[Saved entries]
# # # # # # #

//! Checks the items of an association request.
ghost use Rattle.std.specs.Prelude.{◌≡◌, [], ◌∷◌, ℕ, List, true, OnOk, IfOk, Err};
ghost use Rattle.pdu.specs.Items.{kind, is_kind};
ghost use Rattle.pdu.specs.Types.{application_context_item, proposed_context_item, user_information_item};
ghost use Rattle.pdu.specs.Refusal.{id_of, as_result, application_fault, context_fault, context_part_fault, ending_fault, information_fault, information_part_fault, item_fault, items_fault};

use crate::fault::PduFault;
use crate::item::{Item, content_in, count_of, first_item, is_whole};
use crate::item_type;

/// The items of a request that were checked so far: whether there was an application context, user
/// information and a proposed presentation context, and the presentation context IDs.
#[derive(Drop)]
pub struct ItemsSoFar {
    application: bool,
    information: bool,
    context: bool,
    ids: [bool; 256],
}

impl ItemsSoFar {
    ghost use Rattle.pdu.specs.machine.SoFar.{Knows};

    /// Returns the state before the first item.
    pub fn new() -> ItemsSoFar
        ensures { Knows result [] }
    {
        ItemsSoFar {
            application: false,
            information: false,
            context: false,
            ids: [false; 256],
        }
    }

    /// Checks the next item and records it. If it has several faults, returns the one with the
    /// smallest number. Items other than application context, proposed presentation context and
    /// user information are ignored.
    #[tactic(auto, unfolding(crate::specs::Refusal::item_fault))]
    pub fn check_item(&mut self, item: Item<'_>) -> Result<(), PduFault>
        ensures fault { (before : List (List ℕ)) → Knows self.old before → result ≡ as_result (item_fault before item.entry.bytes.now) }
        ensures keeps { (before : List (List ℕ)) → Knows self.old before → OnOk result (Knows self.new (item.entry.bytes.now ∷ before)) }
    {
        match item.kind() {
            item_type::APPLICATION_CONTEXT => self.check_application(item),
            item_type::PROPOSED_CONTEXT => self.check_context(item),
            item_type::USER_INFORMATION => self.check_information(item),
            _ => Ok(()),
        }
    }

    /// Checks that this application context item is the first; a second one is `BadItem`.
    fn check_application(&mut self, item: Item<'_>) -> Result<(), PduFault>
        requires { kind item.bytes.now ≡ application_context_item }
        ensures fault { (before : List (List ℕ)) → Knows self.old before → result ≡ as_result (application_fault before) }
        ensures keeps { (before : List (List ℕ)) → Knows self.old before → OnOk result (Knows self.new (item.entry.bytes.now ∷ before)) }
    {
        if self.application {
            return Err(PduFault::BadItem);
        }
        self.application = true;
        Ok(())
    }

    /// Checks the sub-items of a user information item, and that it is the first; a second one is
    /// `BadItem`.
    fn check_information(&mut self, item: Item<'_>) -> Result<(), PduFault>
        requires { kind item.bytes.now ≡ user_information_item }
        ensures fault { (before : List (List ℕ)) → Knows self.old before → result ≡ as_result (information_fault before item.entry.bytes.now) }
        ensures keeps { (before : List (List ℕ)) → Knows self.old before → OnOk result (Knows self.new (item.entry.bytes.now ∷ before)) }
    {
        check_information_parts(item.content())?;
        if self.information {
            return Err(PduFault::BadItem);
        }
        self.information = true;
        Ok(())
    }

    /// Checks the contents of a proposed presentation context item, and that no earlier item has
    /// its ID, which is `DoubleContext`.
    fn check_context(&mut self, item: Item<'_>) -> Result<(), PduFault>
        requires { kind item.bytes.now ≡ proposed_context_item }
        ensures fault { (before : List (List ℕ)) → Knows self.old before → result ≡ as_result (context_fault before item.entry.bytes.now) }
        ensures keeps { (before : List (List ℕ)) → Knows self.old before → OnOk result (Knows self.new (item.entry.bytes.now ∷ before)) }
    {
        check_context_parts(item)?;
        let id = usize::from(item.bytes()[4]);
        if self.ids[id] {
            return Err(PduFault::DoubleContext);
        }
        self.context = true;
        self.ids[id] = true;
        Ok(())
    }

    /// Checks that the items are complete: bytes after the last whole item are `BadLength`; a
    /// missing application context, proposed presentation context or user information is `Missing`.
    pub fn check_end(&self, rest: &[u8]) -> Result<(), PduFault>
        ensures { (before : List (List ℕ)) → Knows self.now before → result ≡ as_result (ending_fault before rest.now) }
    {
        if !rest.is_empty() {
            Err(PduFault::BadLength)
        } else if self.application && self.context && self.information {
            Ok(())
        } else {
            Err(PduFault::Missing)
        }
    }
}

/// Checks the sub-items of user information (PS3.8 annex D.1). A sub-item that passes the end is
/// `BadLength`; a second maximum length, or one that is not of four bytes, is `BadItem`.
fn check_information_parts(parts: &[u8]) -> Result<(), PduFault>
    ensures { result ≡ as_result (information_part_fault parts.now) }
{
    if !is_whole(parts) {
        return Err(PduFault::BadLength);
    }
    let count = count_of(item_type::MAXIMUM_LENGTH, parts);
    if count == 0 || count == 1 && content_in(item_type::MAXIMUM_LENGTH, parts).len() == 4 {
        Ok(())
    } else {
        Err(PduFault::BadItem)
    }
}

/// Checks the contents of a proposed presentation context (PS3.8 section 9.3.2.2). Without its ID
/// and three reserved bytes, or with a sub-item that passes the end, it is `BadLength`; without
/// exactly one abstract syntax and at least one transfer syntax, `BadItem`; with an even ID,
/// `BadContextId`.
fn check_context_parts(item: Item<'_>) -> Result<(), PduFault>
    requires { kind item.bytes.now ≡ proposed_context_item }
    ensures { result ≡ as_result (context_part_fault item.entry.bytes.now) }
{
    if !item.is_context() {
        return Err(PduFault::BadLength);
    }
    let bytes = item.bytes();
    let (front, parts) = bytes.split_at(8);
    if !is_whole(parts) {
        return Err(PduFault::BadLength);
    }
    if count_of(item_type::ABSTRACT_SYNTAX, parts) != 1
        || count_of(item_type::TRANSFER_SYNTAX, parts) == 0
    {
        return Err(PduFault::BadItem);
    }
    if front[4] % 2 == 0 {
        return Err(PduFault::BadContextId);
    }
    Ok(())
}

/// Checks the items of a request in order, and then that none is missing. The error is the first
/// fault.
pub fn check_items(text: &[u8]) -> Result<(), PduFault>
    ensures { result ≡ as_result (items_fault text.now) }
{
    let mut so_far = ItemsSoFar::new();
    let mut rest = text;
    while let Some((item, more)) = first_item(rest) {
        so_far.check_item(item)?;
        rest = more;
    }
    so_far.check_end(rest)
}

# # # # # # #

* _Assigned task_: Return the data in its entirety, exactly as given.

* _Response to the exercise_:
//! Checks the items of an association request.
ghost use Rattle.std.specs.Prelude.{◌≡◌, [], ◌∷◌, ℕ, List, true, OnOk, IfOk, Err};
ghost use Rattle.pdu.specs.Items.{kind, is_kind};
ghost use Rattle.pdu.specs.Types.{application_context_item, proposed_context_item, user_information_item};
ghost use Rattle.pdu.specs.Refusal.{id_of, as_result, application_fault, context_fault, context_part_fault, ending_fault, information_fault, information_part_fault, item_fault, items_fault};

use crate::fault::PduFault;
use crate::item::{Item, content_in, count_of, first_item, is_whole};
use crate::item_type;

/// The items of a request that were checked so far: whether there was an application context, user
/// information and a proposed presentation context, and the presentation context IDs.
#[derive(Drop)]
pub struct ItemsSoFar {
    application: bool,
    information: bool,
    context: bool,
    ids: [bool; 256],
}

impl ItemsSoFar {
    ghost use Rattle.pdu.specs.machine.SoFar.{Knows};

    /// Returns the state before the first item.
    pub fn new() -> ItemsSoFar
        ensures { Knows result [] }
    {
        ItemsSoFar {
            application: false,
            information: false,
            context: false,
            ids: [false; 256],
        }
    }

    /// Checks the next item and records it. If it has several faults, returns the one with the
    /// smallest number. Items other than application context, proposed presentation context and
    /// user information are ignored.
    #[tactic(auto, unfolding(crate::specs::Refusal::item_fault))]
    pub fn check_item(&mut self, item: Item<'_>) -> Result<(), PduFault>
        ensures fault { (before : List (List ℕ)) → Knows self.old before → result ≡ as_result (item_fault before item.entry.bytes.now) }
        ensures keeps { (before : List (List ℕ)) → Knows self.old before → OnOk result (Knows self.new (item.entry.bytes.now ∷ before)) }
    {
        match item.kind() {
            item_type::APPLICATION_CONTEXT => self.check_application(item),
            item_type::PROPOSED_CONTEXT => self.check_context(item),
            item_type::USER_INFORMATION => self.check_information(item),
            _ => Ok(()),
        }
    }

    /// Checks that this application context item is the first; a second one is `BadItem`.
    fn check_application(&mut self, item: Item<'_>) -> Result<(), PduFault>
        requires { kind item.bytes.now ≡ application_context_item }
        ensures fault { (before : List (List ℕ)) → Knows self.old before → result ≡ as_result (application_fault before) }
        ensures keeps { (before : List (List ℕ)) → Knows self.old before → OnOk result (Knows self.new (item.entry.bytes.now ∷ before)) }
    {
        if self.application {
            return Err(PduFault::BadItem);
        }
        self.application = true;
        Ok(())
    }

    /// Checks the sub-items of a user information item, and that it is the first; a second one is
    /// `BadItem`.
    fn check_information(&mut self, item: Item<'_>) -> Result<(), PduFault>
        requires { kind item.bytes.now ≡ user_information_item }
        ensures fault { (before : List (List ℕ)) → Knows self.old before → result ≡ as_result (information_fault before item.entry.bytes.now) }
        ensures keeps { (before : List (List ℕ)) → Knows self.old before → OnOk result (Knows self.new (item.entry.bytes.now ∷ before)) }
    {
        check_information_parts(item.content())?;
        if self.information {
            return Err(PduFault::BadItem);
        }
        self.information = true;
        Ok(())
    }

    /// Checks the contents of a proposed presentation context item, and that no earlier item has
    /// its ID, which is `DoubleContext`.
    fn check_context(&mut self, item: Item<'_>) -> Result<(), PduFault>
        requires { kind item.bytes.now ≡ proposed_context_item }
        ensures fault { (before : List (List ℕ)) → Knows self.old before → result ≡ as_result (context_fault before item.entry.bytes.now) }
        ensures keeps { (before : List (List ℕ)) → Knows self.old before → OnOk result (Knows self.new (item.entry.bytes.now ∷ before)) }
    {
        check_context_parts(item)?;
        let id = usize::from(item.bytes()[4]);
        if self.ids[id] {
            return Err(PduFault::DoubleContext);
        }
        self.context = true;
        self.ids[id] = true;
        Ok(())
    }

    /// Checks that the items are complete: bytes after the last whole item are `BadLength`; a
    /// missing application context, proposed presentation context or user information is `Missing`.
    pub fn check_end(&self, rest: &[u8]) -> Result<(), PduFault>
        ensures { (before : List (List ℕ)) → Knows self.now before → result ≡ as_result (ending_fault before rest.now) }
    {
        if !rest.is_empty() {
            Err(PduFault::BadLength)
        } else if self.application && self.context && self.information {
            Ok(())
        } else {
            Err(PduFault::Missing)
        }
    }
}

/// Checks the sub-items of user information (PS3.8 annex D.1). A sub-item that passes the end is
/// `BadLength`; a second maximum length, or one that is not of four bytes, is `BadItem`.
fn check_information_parts(parts: &[u8]) -> Result<(), PduFault>
    ensures { result ≡ as_result (information_part_fault parts.now) }
{
    if !is_whole(parts) {
        return Err(PduFault::BadLength);
    }
    let count = count_of(item_type::MAXIMUM_LENGTH, parts);
    if count == 0 || count == 1 && content_in(item_type::MAXIMUM_LENGTH, parts).len() == 4 {
        Ok(())
    } else {
        Err(PduFault::BadItem)
    }
}

/// Checks the contents of a proposed presentation context (PS3.8 section 9.3.2.2). Without its ID
/// and three reserved bytes, or with a sub-item that passes the end, it is `BadLength`; without
/// exactly one abstract syntax and at least one transfer syntax, `BadItem`; with an even ID,
/// `BadContextId`.
fn check_context_parts(item: Item<'_>) -> Result<(), PduFault>
    requires { kind item.bytes.now ≡ proposed_context_item }
    ensures { result ≡ as_result (context_part_fault item.entry.bytes.now) }
{
    if !item.is_context() {
        return Err(PduFault::BadLength);
    }
    let bytes = item.bytes();
    let (front, parts) = bytes.split_at(8);
    if !is_whole(parts) {
        return Err(PduFault::BadLength);
    }
    if count_of(item_type::ABSTRACT_SYNTAX, parts) != 1
        || count_of(item_type::TRANSFER_SYNTAX, parts) == 0
    {
        return Err(PduFault::BadItem);
    }
    if front[4] % 2 == 0 {
        return Err(PduFault::BadContextId);
    }
    Ok(())
}

/// Checks the items of a request in order, and then that none is missing. The error is the first
/// fault.
pub fn check_items(text: &[u8]) -> Result<(), PduFault>
    ensures { result ≡ as_result (items_fault text.now) }
{
    let mut so_far = ItemsSoFar::new();
    let mut rest = text;
    while let Some((item, more)) = first_item(rest) {
        so_far.check_item(item)?;
        rest = more;
    }
    so_far.check_end(rest)
}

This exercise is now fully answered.